──────── Material for this task
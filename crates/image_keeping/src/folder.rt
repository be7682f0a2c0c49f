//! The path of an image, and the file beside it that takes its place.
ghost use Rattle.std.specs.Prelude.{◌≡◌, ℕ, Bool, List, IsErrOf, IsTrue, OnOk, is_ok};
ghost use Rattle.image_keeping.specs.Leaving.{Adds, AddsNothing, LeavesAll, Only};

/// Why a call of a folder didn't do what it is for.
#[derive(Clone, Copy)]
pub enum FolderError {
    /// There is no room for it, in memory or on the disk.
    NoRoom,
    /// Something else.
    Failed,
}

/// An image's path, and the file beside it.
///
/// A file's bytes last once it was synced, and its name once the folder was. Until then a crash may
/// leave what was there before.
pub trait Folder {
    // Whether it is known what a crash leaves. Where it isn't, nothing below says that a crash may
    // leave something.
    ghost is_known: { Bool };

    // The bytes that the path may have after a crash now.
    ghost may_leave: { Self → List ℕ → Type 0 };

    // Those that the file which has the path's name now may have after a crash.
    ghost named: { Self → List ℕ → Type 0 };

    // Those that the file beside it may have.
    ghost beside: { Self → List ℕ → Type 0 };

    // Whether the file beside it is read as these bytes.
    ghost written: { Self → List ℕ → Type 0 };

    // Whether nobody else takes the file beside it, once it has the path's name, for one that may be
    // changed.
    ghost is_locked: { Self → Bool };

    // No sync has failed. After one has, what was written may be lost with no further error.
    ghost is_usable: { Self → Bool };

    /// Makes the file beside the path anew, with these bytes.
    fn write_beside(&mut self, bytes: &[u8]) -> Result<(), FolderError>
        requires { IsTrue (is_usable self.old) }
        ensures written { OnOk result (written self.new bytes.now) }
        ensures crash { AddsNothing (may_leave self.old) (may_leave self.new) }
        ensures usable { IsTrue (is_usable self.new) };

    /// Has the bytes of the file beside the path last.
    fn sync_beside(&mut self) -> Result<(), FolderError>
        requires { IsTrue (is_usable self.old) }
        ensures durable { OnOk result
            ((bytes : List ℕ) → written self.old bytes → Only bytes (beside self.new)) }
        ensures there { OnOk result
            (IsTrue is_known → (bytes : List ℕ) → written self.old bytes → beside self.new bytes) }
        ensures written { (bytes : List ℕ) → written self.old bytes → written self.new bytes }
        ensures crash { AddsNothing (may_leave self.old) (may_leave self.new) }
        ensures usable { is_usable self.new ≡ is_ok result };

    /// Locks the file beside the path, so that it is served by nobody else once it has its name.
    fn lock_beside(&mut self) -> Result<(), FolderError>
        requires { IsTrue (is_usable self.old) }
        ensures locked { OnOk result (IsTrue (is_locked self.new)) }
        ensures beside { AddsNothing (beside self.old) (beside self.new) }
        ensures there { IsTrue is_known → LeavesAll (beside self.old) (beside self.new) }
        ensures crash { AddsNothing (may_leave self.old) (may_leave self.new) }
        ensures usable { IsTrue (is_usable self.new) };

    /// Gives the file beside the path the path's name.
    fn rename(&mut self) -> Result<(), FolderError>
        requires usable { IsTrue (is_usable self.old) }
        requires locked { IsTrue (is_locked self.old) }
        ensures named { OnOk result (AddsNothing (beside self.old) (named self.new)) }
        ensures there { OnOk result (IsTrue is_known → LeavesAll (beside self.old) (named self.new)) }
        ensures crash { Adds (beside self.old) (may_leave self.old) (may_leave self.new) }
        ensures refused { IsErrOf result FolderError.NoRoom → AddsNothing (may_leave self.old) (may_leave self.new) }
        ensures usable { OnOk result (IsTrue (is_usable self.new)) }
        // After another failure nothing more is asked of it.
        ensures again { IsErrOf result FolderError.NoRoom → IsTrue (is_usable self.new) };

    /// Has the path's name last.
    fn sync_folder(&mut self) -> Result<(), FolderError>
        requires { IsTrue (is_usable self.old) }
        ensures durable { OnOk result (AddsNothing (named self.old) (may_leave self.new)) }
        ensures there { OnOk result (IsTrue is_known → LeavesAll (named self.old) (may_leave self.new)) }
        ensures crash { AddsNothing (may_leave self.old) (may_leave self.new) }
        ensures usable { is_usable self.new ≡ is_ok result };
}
────────────────
──────── Material for this task
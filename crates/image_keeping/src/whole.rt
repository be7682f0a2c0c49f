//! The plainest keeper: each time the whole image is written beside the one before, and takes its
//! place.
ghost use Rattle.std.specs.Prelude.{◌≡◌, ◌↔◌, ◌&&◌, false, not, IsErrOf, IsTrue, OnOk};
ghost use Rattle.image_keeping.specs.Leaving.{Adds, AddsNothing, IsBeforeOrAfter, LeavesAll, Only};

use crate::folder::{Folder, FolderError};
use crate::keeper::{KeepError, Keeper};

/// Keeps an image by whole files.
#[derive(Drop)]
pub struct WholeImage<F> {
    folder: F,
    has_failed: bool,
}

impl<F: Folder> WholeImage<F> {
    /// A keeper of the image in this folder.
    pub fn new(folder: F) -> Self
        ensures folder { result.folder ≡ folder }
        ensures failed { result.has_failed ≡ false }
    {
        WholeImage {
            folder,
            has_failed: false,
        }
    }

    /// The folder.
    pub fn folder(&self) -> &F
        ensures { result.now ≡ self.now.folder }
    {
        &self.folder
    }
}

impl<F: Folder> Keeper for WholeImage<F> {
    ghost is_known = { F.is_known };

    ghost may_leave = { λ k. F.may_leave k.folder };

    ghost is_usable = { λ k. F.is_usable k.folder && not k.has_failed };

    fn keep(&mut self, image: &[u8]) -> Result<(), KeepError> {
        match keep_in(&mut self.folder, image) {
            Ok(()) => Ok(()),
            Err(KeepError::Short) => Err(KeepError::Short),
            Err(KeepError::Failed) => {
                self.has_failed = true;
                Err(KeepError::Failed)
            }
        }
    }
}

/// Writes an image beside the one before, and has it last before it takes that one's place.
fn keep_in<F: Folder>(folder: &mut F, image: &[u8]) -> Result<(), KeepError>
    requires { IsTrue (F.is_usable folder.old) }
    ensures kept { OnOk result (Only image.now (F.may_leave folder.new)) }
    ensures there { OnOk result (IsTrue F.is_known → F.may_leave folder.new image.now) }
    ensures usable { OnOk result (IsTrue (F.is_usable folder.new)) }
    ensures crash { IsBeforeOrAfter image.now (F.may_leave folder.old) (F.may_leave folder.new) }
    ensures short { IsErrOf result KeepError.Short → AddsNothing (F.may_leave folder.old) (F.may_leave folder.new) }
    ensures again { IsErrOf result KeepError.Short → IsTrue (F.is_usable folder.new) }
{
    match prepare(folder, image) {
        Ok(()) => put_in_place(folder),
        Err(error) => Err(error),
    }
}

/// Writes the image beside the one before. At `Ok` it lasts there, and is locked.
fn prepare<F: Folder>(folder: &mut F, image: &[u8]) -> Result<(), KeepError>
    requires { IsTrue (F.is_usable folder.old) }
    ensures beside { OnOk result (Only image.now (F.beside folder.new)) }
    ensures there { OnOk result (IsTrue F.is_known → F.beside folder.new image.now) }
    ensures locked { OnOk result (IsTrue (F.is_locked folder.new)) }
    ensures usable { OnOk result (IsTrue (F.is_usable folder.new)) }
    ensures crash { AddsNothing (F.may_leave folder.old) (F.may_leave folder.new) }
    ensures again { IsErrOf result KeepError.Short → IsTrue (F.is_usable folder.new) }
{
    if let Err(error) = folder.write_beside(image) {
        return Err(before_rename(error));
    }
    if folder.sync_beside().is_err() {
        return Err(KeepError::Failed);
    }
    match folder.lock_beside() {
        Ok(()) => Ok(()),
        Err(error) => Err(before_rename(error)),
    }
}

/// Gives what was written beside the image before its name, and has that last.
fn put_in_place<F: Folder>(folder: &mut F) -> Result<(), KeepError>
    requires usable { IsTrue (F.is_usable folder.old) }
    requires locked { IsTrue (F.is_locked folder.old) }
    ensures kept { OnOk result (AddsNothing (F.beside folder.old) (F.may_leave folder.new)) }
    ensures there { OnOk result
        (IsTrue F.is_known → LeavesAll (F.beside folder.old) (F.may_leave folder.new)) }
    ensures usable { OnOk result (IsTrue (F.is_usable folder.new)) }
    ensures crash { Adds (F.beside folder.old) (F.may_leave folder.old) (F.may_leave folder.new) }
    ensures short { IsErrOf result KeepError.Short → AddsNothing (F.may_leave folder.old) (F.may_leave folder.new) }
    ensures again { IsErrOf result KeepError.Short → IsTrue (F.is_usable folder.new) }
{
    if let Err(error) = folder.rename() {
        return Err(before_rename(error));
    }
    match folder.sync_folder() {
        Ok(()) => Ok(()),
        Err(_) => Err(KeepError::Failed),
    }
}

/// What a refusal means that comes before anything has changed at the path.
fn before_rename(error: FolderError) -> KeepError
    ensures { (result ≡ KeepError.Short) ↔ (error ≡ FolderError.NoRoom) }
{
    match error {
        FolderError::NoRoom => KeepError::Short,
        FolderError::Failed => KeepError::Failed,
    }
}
────────────────
──────── Material for this task
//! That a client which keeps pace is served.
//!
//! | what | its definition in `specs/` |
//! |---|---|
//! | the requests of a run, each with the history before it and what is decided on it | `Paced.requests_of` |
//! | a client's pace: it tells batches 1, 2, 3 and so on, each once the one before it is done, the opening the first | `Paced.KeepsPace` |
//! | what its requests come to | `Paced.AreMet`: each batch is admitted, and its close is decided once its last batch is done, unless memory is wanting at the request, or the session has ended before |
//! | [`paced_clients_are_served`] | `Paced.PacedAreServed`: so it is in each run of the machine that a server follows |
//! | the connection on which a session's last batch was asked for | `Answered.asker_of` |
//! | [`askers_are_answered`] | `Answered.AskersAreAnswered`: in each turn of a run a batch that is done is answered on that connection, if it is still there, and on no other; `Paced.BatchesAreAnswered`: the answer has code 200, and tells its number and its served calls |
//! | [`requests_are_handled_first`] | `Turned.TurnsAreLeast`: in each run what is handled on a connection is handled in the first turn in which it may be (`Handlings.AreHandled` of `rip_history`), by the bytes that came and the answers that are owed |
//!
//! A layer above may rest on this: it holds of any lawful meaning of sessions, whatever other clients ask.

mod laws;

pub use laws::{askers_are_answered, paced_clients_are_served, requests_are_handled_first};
────────────────
**Task instructions:** Looking through the records, copy out every line in which the word "kept" is found.

**The answer:**
    ensures kept { OnOk result (Only image.now (F.may_leave folder.new)) }
    ensures kept { OnOk result (AddsNothing (F.beside folder.old) (F.may_leave folder.new)) }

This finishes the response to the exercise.